***** Entries provided
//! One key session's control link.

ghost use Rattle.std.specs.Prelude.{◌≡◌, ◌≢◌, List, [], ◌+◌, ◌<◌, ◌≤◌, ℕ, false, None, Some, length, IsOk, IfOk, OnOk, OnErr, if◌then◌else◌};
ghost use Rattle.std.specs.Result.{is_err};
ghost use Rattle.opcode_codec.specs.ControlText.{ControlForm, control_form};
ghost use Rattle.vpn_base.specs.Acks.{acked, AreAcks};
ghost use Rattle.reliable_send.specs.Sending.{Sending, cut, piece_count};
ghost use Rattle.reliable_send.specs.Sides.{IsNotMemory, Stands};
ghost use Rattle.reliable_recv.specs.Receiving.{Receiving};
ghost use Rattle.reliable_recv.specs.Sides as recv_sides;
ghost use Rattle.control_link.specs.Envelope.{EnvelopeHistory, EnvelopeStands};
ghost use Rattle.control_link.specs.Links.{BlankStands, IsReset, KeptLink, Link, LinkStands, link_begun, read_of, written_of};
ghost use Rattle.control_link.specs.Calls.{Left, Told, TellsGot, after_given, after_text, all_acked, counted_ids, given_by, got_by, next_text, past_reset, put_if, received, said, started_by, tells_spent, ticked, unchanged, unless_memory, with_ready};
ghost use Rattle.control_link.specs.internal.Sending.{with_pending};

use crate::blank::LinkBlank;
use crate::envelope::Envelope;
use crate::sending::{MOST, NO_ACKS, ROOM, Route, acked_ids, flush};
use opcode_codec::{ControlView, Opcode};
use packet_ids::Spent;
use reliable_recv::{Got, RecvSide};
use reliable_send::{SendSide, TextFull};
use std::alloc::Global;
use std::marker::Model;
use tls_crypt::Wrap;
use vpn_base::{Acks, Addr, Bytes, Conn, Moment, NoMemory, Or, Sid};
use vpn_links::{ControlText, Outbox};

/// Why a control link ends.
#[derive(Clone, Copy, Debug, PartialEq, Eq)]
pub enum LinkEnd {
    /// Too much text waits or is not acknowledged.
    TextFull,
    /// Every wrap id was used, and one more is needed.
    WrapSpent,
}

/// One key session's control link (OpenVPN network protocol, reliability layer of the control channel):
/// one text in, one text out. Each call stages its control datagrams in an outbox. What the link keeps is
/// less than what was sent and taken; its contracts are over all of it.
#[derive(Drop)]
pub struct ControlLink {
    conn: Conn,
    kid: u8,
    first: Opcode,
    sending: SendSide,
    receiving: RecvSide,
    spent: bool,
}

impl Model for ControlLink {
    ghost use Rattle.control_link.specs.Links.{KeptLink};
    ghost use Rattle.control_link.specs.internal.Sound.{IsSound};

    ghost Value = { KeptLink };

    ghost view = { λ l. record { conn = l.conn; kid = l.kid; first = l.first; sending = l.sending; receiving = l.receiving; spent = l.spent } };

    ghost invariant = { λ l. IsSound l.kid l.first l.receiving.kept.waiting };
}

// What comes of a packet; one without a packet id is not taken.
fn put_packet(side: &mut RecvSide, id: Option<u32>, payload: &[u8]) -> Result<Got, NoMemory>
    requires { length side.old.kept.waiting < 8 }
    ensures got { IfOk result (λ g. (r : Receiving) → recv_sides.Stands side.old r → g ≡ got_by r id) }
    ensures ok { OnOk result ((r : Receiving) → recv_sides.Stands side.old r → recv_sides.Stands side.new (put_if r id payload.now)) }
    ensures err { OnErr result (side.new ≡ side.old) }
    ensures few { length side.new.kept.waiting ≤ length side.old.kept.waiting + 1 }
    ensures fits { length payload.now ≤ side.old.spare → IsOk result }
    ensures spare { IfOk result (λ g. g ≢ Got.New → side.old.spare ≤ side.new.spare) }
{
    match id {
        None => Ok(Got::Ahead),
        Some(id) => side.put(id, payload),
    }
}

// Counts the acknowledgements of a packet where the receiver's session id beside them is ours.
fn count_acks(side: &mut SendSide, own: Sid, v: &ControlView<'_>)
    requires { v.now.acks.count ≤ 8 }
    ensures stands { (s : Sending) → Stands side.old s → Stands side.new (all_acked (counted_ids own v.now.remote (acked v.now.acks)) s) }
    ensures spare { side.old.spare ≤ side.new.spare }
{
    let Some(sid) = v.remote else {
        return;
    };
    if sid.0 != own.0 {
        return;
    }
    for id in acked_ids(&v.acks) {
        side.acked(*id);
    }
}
**********
***** Entries provided
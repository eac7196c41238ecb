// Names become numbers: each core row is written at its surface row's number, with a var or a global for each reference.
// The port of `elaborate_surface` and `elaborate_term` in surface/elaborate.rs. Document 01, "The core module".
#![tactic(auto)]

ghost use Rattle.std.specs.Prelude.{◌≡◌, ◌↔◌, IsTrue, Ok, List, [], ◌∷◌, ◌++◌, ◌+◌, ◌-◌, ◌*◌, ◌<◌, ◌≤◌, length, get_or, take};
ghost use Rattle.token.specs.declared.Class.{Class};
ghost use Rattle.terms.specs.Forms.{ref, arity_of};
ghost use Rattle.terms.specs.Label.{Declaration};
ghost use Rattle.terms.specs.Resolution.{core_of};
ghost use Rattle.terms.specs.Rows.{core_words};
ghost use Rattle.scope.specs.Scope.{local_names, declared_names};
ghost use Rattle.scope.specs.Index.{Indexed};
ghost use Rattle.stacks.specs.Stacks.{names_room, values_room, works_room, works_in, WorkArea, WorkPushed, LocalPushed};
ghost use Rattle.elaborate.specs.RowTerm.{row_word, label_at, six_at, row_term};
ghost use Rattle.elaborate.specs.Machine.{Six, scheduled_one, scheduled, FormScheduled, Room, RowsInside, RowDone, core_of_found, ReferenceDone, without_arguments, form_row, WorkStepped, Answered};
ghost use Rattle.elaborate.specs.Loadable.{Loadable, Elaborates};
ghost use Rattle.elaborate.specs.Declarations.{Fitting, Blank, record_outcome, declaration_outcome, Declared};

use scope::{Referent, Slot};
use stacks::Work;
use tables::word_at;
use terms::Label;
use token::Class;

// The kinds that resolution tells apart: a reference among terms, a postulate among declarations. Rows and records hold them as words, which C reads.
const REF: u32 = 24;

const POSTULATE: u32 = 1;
**********
■ **Work required**:
Your reply should be a single number: the count of lines above that contain the word "first".

■ **Response below**:
3